Below is a listing; give only the number of its lines that contain the word "settled".

BEGIN

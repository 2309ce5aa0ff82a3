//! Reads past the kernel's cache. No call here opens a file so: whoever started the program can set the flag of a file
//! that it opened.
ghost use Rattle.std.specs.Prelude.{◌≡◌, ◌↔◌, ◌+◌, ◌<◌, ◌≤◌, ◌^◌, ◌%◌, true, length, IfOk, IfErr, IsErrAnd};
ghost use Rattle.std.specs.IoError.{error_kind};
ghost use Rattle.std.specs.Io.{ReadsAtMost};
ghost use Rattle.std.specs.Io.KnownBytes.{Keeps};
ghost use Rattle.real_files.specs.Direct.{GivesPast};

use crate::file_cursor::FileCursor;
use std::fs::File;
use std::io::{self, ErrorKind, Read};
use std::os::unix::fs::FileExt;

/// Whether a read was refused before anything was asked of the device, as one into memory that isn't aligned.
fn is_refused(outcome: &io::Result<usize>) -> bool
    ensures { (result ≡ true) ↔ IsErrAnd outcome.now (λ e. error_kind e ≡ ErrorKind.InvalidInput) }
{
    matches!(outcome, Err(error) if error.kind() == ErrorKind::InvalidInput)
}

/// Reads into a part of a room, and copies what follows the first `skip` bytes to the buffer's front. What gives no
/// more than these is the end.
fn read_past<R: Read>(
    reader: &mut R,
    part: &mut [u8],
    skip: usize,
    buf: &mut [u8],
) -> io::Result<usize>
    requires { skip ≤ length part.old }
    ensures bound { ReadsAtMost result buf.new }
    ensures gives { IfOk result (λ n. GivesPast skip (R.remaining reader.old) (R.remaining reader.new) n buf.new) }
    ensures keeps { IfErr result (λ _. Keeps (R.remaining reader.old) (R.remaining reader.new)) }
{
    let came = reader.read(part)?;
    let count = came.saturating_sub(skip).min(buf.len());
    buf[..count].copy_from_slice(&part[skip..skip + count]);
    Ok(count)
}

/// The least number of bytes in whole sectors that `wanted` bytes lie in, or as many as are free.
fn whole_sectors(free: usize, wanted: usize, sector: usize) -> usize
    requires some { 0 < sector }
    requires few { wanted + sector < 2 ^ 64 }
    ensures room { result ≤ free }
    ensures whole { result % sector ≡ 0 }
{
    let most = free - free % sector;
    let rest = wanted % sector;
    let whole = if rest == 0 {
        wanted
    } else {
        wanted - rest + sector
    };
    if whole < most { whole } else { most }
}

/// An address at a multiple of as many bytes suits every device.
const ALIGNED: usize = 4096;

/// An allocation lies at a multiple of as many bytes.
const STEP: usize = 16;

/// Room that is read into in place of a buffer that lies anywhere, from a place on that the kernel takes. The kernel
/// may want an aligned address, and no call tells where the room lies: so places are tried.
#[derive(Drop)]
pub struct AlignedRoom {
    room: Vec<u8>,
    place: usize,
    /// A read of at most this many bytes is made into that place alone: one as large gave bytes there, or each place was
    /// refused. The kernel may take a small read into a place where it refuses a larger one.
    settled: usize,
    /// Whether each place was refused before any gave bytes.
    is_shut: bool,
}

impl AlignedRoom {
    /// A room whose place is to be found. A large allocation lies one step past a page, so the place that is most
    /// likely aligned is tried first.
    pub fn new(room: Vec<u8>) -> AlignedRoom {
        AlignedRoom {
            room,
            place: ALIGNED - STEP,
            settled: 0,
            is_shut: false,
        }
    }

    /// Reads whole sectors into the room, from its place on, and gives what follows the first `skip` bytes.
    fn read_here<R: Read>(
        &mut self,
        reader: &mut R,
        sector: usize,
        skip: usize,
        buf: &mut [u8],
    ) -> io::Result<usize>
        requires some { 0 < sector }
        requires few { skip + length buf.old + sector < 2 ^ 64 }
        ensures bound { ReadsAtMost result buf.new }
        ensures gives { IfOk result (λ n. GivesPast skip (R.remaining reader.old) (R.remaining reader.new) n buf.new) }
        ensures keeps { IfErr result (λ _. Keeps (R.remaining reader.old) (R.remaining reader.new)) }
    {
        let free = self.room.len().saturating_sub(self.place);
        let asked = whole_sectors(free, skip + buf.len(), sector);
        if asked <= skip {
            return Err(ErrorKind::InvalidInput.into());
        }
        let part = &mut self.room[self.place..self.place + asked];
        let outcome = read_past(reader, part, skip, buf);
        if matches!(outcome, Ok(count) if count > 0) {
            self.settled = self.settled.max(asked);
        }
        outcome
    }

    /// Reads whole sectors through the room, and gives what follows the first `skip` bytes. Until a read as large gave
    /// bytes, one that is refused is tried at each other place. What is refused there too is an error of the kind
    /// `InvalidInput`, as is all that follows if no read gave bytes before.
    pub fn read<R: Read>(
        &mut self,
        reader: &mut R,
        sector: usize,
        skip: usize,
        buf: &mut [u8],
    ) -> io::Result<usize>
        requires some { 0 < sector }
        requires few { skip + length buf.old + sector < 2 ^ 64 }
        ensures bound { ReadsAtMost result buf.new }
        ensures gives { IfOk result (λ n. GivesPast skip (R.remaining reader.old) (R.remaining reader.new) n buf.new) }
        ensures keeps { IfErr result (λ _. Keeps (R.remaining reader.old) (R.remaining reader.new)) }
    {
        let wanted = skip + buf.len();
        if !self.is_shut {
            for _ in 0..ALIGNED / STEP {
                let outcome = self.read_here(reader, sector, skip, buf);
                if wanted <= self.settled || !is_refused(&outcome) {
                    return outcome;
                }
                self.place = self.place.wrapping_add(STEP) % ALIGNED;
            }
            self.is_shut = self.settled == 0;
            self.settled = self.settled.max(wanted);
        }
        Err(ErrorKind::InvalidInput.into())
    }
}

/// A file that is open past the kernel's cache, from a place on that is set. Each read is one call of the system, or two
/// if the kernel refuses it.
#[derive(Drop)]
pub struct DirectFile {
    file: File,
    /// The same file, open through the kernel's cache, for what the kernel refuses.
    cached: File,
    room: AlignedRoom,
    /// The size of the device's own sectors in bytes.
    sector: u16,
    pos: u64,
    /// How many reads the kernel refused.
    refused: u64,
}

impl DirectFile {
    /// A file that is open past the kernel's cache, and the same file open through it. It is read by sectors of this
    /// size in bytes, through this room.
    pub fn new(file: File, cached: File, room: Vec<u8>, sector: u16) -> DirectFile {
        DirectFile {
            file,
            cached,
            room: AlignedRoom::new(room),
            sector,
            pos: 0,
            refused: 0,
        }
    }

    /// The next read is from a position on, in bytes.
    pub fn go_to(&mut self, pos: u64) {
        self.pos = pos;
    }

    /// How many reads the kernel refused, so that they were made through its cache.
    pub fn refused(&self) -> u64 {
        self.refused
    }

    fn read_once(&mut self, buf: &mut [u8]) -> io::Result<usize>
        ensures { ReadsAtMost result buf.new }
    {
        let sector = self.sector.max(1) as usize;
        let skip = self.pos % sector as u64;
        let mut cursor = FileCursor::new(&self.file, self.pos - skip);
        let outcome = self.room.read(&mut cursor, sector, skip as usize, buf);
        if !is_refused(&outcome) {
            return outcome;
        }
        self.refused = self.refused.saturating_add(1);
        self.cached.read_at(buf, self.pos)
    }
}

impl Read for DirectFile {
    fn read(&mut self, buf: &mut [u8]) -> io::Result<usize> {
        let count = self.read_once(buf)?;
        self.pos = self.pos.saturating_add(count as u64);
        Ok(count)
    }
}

END

- _Exercise response_:
6